Actually this have been broken for as long as this code have been around, https://gerrit.libreoffice.org/gitweb?p=core.git;a=commitdiff;h=c5cd37730e145b86129c6503ae5661820ae042e7 (look for UnicodeScript_kCombiningDiacritical). I say we should just fix it.
https://gerrit.libreoffice.org/#/c/35811/
Yes, definitely. Perhaps as we do that, we could use uscript_getScript() and get a more accurate categorisation. It'll mean a new list of script values, but that's not hard. I would be tempted to do a simple array of script code to category, which would be quicker and only 174 bytes. It would start out something like: #define W ScriptType::WEAK #define C ScriptType::COMPLEX #define A ScriptType::ASIAN #define L ScriptType::LATIN {W, W, C, L, W, A, L, L, L, C, C, C, L, L, L, C, C, A, A, C, A, C, A, C, C, L, C, C, C, L, L, C, C, C, C, C, C, C, C, C, L, A, C, C, C, C, L, C, C, C, C, C, C, C, A, C, C, C, C, C, C, C, C, C, C, C, C, C, L, C, C, C, C, A, A, C, C, C, C, C, L, L, C, C, C, C, C, C, C, C, C, C, C, C, C, C, C, C, C, C, C, C, W, W, C, A, C, C, C, C, C, C, C, C, C, C, C, C, C, A, C, C, C, C, C, C, C, C, C, L, C, C, C, C, C, C, C, C, C, C, C, C, C, C, C, C, C, C, C, C, C, C, C, C, A, C, C, C, C, C, C, C, C, C, C, C, C, C, C, C, C, C, A, A, L} But this needs some review, especially later on in the list.

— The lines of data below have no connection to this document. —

//! The tool: what each command does, the answer to the command line, and the top call `run_tool`.
//!
//! docs/CONTRIBUTING.md says what a new command adds; no clause of another command changes.
#![tactic(auto)]

mod building;
mod canon_command;
mod check_command;
mod deliver;
mod kept;
mod lines;
mod merge_command;
mod output;
mod reading;
mod report;
mod run;
mod show_command;
mod split_command;
mod stop;
mod work;

pub use deliver::write_output;
pub use output::{Output, Writes};
pub use report::tell;
pub use run::run_tool;
pub use stop::{Stop, ToolRefusal};
pub use work::carry;
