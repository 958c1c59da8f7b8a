//! Writes an output: the files in order, then the lines.
ghost use Rattle.collector.specs.Carrying.{Delivers};
ghost use Rattle.collector.specs.Causes.{IsWriteAt};
ghost use Rattle.collector.specs.RunSteps.{IsWritten, AreWritten, IsDelivered};

use crate::{Output, Stop};
use outside::{Files, IoFault, Sink, put_all};
use pb_wire::{Blob, Text};
use std::alloc::Global;

/// Writes the files in order, and then the lines. What was written before a failed write stays.
pub fn write_output<F: Files, O: Sink>(
    alloc: Global,
    output: &Output,
    files: &mut F,
    out: &mut O,
) -> Result<(), Stop>
    ensures { IsDelivered F.Files O.Sink files.old files.new out.old out.new output.now result }
{
    if let Err(stop) = write_files(alloc, output.files.as_slice(), files) {
        return Err(stop);
    }
    match put_all(out, output.lines.as_bytes()) {
        Ok(()) => Ok(()),
        Err(IoFault::Failed) => Err(write_stop(alloc, "standard output")),
        Err(IoFault::NoMemory) => Err(Stop::NoMemory),
    }
}

/// The same of the output of a plan, if there is one.
pub fn write_performed<F: Files, O: Sink>(
    alloc: Global,
    performed: Result<Output, Stop>,
    files: &mut F,
    out: &mut O,
) -> Result<(), Stop>
    ensures { Delivers F.Files O.Sink files.old files.new out.old out.new performed result }
{
    match performed {
        Ok(output) => write_output(alloc, &output, files, out),
        Err(stop) => Err(stop),
    }
}

// The files in order, up to the first that isn't written.
fn write_files<F: Files>(alloc: Global, list: &[(Text, Blob)], files: &mut F) -> Result<(), Stop>
    ensures { AreWritten F.Files files.old files.new list.now result }
{
    for (name, bytes) in list {
        if let Err(stop) = write_one(alloc, name, bytes, files) {
            return Err(stop);
        }
    }
    Ok(())
}

fn write_one<F: Files>(alloc: Global, name: &Text, bytes: &Blob, files: &mut F) -> Result<(), Stop>
    ensures { IsWritten F.Files files.old files.new name.now bytes.now result }
{
    match files.write(alloc, name.as_str(), bytes.as_slice()) {
        Ok(()) => Ok(()),
        Err(IoFault::Failed) => Err(write_stop(alloc, name.as_str())),
        Err(IoFault::NoMemory) => Err(Stop::NoMemory),
    }
}

/// The stop at a failed write under this name.
pub fn write_stop(alloc: Global, name: &str) -> Stop
    ensures { IsWriteAt name.now (λ _. Unit {0}) result }
{
    match Text::copy_of(alloc, name) {
        Ok(name) => Stop::Write { name },
        Err(_) => Stop::NoMemory,
    }
}
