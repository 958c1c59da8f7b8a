//! The command `check`.
ghost use Rattle.std.specs.Prelude.{[], ◌∷◌};
ghost use Rattle.otlp_msg.specs.Checked.{value_of};
ghost use Rattle.collector.specs.CheckAnswer.{lines_at, line_at, line_in, message_line};
ghost use Rattle.collector.specs.RunSteps.{IsComputed, IsRead, IsPerformed};

use crate::lines::ok_line;
use crate::reading::{checked_message, read_bytes};
use crate::{Output, Stop, Writes};
use commands::{Texts, ToolPlan};
use otlp_msg::Checked;
use outside::Files;
use pb_wire::{NoMemory, Text};
use std::alloc::Global;

/// What `check IN..` prints.
pub fn perform_check<F: Files>(alloc: Global, names: &Texts, files: &mut F) -> Result<Output, Stop>
    ensures { IsPerformed F.Files files.old files.new (ToolPlan.Check names.now) result }
{
    match lines_of_files(alloc, names.as_slice(), files) {
        Ok(lines) => Ok(Output {
            files: Writes::begin(alloc),
            lines,
        }),
        Err(stop) => Err(stop),
    }
}

// The lines of files in order, up to the first that is missing, refused or not read.
fn lines_of_files<F: Files>(alloc: Global, names: &[Text], files: &mut F) -> Result<Text, Stop>
    ensures { IsRead F.Files files.old files.new names.now (λ m. lines_at m names.now) result }
{
    let mut lines = Text::begin(alloc);
    for name in names {
        match line_of_file(alloc, name, files) {
            Ok(line) => {
                if let Err(NoMemory) = lines.append(line.as_str()) {
                    return Err(Stop::NoMemory);
                }
            }
            Err(stop) => return Err(stop),
        }
    }
    Ok(lines)
}

// The line of one file. Of what was read nothing is kept.
fn line_of_file<F: Files>(alloc: Global, name: &Text, files: &mut F) -> Result<Text, Stop>
    ensures { IsRead F.Files files.old files.new (name.now ∷ []) (λ m. line_at m name.now) result }
{
    match read_bytes(alloc, name, files) {
        Ok(body) => line_of_bytes(alloc, name, body.as_slice()),
        Err(stop) => Err(stop),
    }
}

// The same from the bytes of the file.
fn line_of_bytes(alloc: Global, name: &Text, body: &[u8]) -> Result<Text, Stop>
    ensures { IsComputed (line_in name.now body.now) result }
{
    match checked_message(alloc, name, body) {
        Ok(message) => line_of_message(alloc, name, &message),
        Err(stop) => Err(stop),
    }
}

// How much there is in a message.
fn line_of_message(alloc: Global, name: &Text, message: &Checked<'_>) -> Result<Text, Stop>
    ensures { IsComputed (message_line name.now (value_of message.now)) result }
{
    let profiles = message.profile_count();
    let samples = message.sample_count();
    Ok(ok_line(alloc, name.as_str(), profiles, samples)?)
}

(In reply to martin_hosken from comment #6) > Yes, definitely. Perhaps as we do that, we could use uscript_getScript() and > get a more accurate categorisation. This was done before and lead to bug bug 38095, and was then fixed by first doing the old, by block, categorization that OpenOffice/LibreOffice did before and falling back uscript_getScript() for blocks not covered by the old method. But may be we should go again the full uscript_getScript() way, and special case a few ranges of characters that are causing issues.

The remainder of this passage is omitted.